PROBLEM TO WORK ON:
If a line of the records contains the word "that", list it.

[Stored data entries]
┏━━

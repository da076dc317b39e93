//! One statement of a text that is plain: it reads no time, and shows no rows of a write.

ghost use Rattle.std.specs.Prelude.{◌≡◌, ◌≤◌, false, OnOk, IfOk, IsTrue};
ghost use Rattle.sqlite_trees.specs.Tree.{Trees};
ghost use Rattle.sqlite_trees.specs.View.{doubt};
ghost use Rattle.sqlite.specs.Given.{IsPlain};
ghost use Rattle.sqlite.specs.Held.{state};
ghost use Rattle.sqlite.specs.Listing.{understood};
ghost use Rattle.sqlite.specs.State.{ExecutesInside, HasCleanDisk, IsUnchanged, KeepsCommit, Shown, Survives};
ghost use Rattle.sqlite.specs.Values.{bound};
ghost use Rattle.sqlite_value.specs.declared.value.Value.TheVariants.{Int, Text};
ghost use Rattle.sqlite_value.specs.Value.{owned};
ghost use Rattle.sql_rows.specs.Tables.{Stays};

use sqlite::types::ValueRef;
use sqlite::{Alter, Connection, Error, Row, Transaction};

/// The text as it is bound.
pub fn text(text: &str) -> ValueRef<'_>
    ensures { owned result ≡ Text text.now }
{
    // Bound and never spliced: whatever a key holds, the statement stays what its proof is about.
    ValueRef::Text(text.as_bytes())
}

/// The number as it is bound.
pub fn int<'a>(number: i64) -> ValueRef<'a>
    ensures { owned result ≡ Int number }
{
    ValueRef::Int(number)
}

/// Makes a write in a transaction.
pub fn write<S: Alter>(
    tx: &mut Transaction<'_, S>,
    sql: &str,
    params: &[ValueRef<'_>],
) -> Result<usize, Error>
    requires inside { HasCleanDisk (state S.Store tx.old.conn.now)
        → IsTrue (state S.Store tx.old.conn.now).in_transaction }
    ensures same_reference { tx.new.conn.ghost_name ≡ tx.old.conn.ghost_name }
    ensures runs { HasCleanDisk (state S.Store tx.new.conn.now)
        → ExecutesInside 0 sql.now (bound params.now) (state S.Store tx.old.conn.now) (state S.Store tx.new.conn.now) result }
    ensures kept { HasCleanDisk (state S.Store tx.new.conn.now)
        → KeepsCommit (state S.Store tx.old.conn.now) (state S.Store tx.new.conn.now) }
    ensures survives { Survives (state S.Store tx.old.conn.now) (state S.Store tx.new.conn.now) (λ _. ⊥) }
{
    // Only passed on, here and below: callers need these clauses, for a text of their own.
    tx.execute(sql, params)
}

/// Gives the rows that a query shows.
pub fn read<S: Alter>(
    conn: &mut Connection<S>,
    sql: &str,
    params: &[ValueRef<'_>],
) -> Result<Vec<Row>, Error>
    requires plain { HasCleanDisk (state S.Store conn.old)
        → IsPlain (understood (state S.Store conn.old).now.schema sql.now) }
    requires settled { HasCleanDisk (state S.Store conn.old)
        → (state S.Store conn.old).now ≡ (state S.Store conn.old).committed }
    requires autocommit { conn.old.in_transaction ≡ false }
    ensures shown { HasCleanDisk (state S.Store conn.new)
        → IfOk result (λ rows. Shown sql.now (bound params.now) (state S.Store conn.old) (state S.Store conn.new) rows.items) }
    ensures autocommit { conn.new.in_transaction ≡ false }
    ensures open { HasCleanDisk (state S.Store conn.new) → OnOk result (IsTrue (state S.Store conn.new).is_open) }
    ensures stays { HasCleanDisk (state S.Store conn.new) → Stays (state S.Store conn.old) (state S.Store conn.new) }
    ensures clean { doubt (state S.Store conn.old).is_clean ≤ doubt (state S.Store conn.new).is_clean }
    ensures crash { HasCleanDisk (state S.Store conn.new)
        → (db : Trees) → (state S.Store conn.new).may_leave db → (state S.Store conn.old).may_leave db }
{
    conn.query_all(sql, params)
}

/// Gives the rows that a query shows in a transaction.
pub fn read_inside<S: Alter>(
    tx: &mut Transaction<'_, S>,
    sql: &str,
    params: &[ValueRef<'_>],
) -> Result<Vec<Row>, Error>
    requires plain { HasCleanDisk (state S.Store tx.old.conn.now)
        → IsPlain (understood (state S.Store tx.old.conn.now).now.schema sql.now) }
    ensures same_reference { tx.new.conn.ghost_name ≡ tx.old.conn.ghost_name }
    ensures shown { HasCleanDisk (state S.Store tx.new.conn.now) → IfOk result (λ rows.
        Shown sql.now (bound params.now) (state S.Store tx.old.conn.now) (state S.Store tx.new.conn.now) rows.items) }
    ensures ok { HasCleanDisk (state S.Store tx.new.conn.now)
        → OnOk result (IsUnchanged (state S.Store tx.old.conn.now) (state S.Store tx.new.conn.now)) }
    ensures kept { HasCleanDisk (state S.Store tx.new.conn.now)
        → KeepsCommit (state S.Store tx.old.conn.now) (state S.Store tx.new.conn.now) }
    ensures survives { Survives (state S.Store tx.old.conn.now) (state S.Store tx.new.conn.now) (λ _. ⊥) }
{
    tx.query_all(sql, params)
}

┗━━

TASK RESPONSE:
//! One statement of a text that is plain: it reads no time, and shows no rows of a write.
/// Gives the rows that a query shows.
/// Gives the rows that a query shows in a transaction.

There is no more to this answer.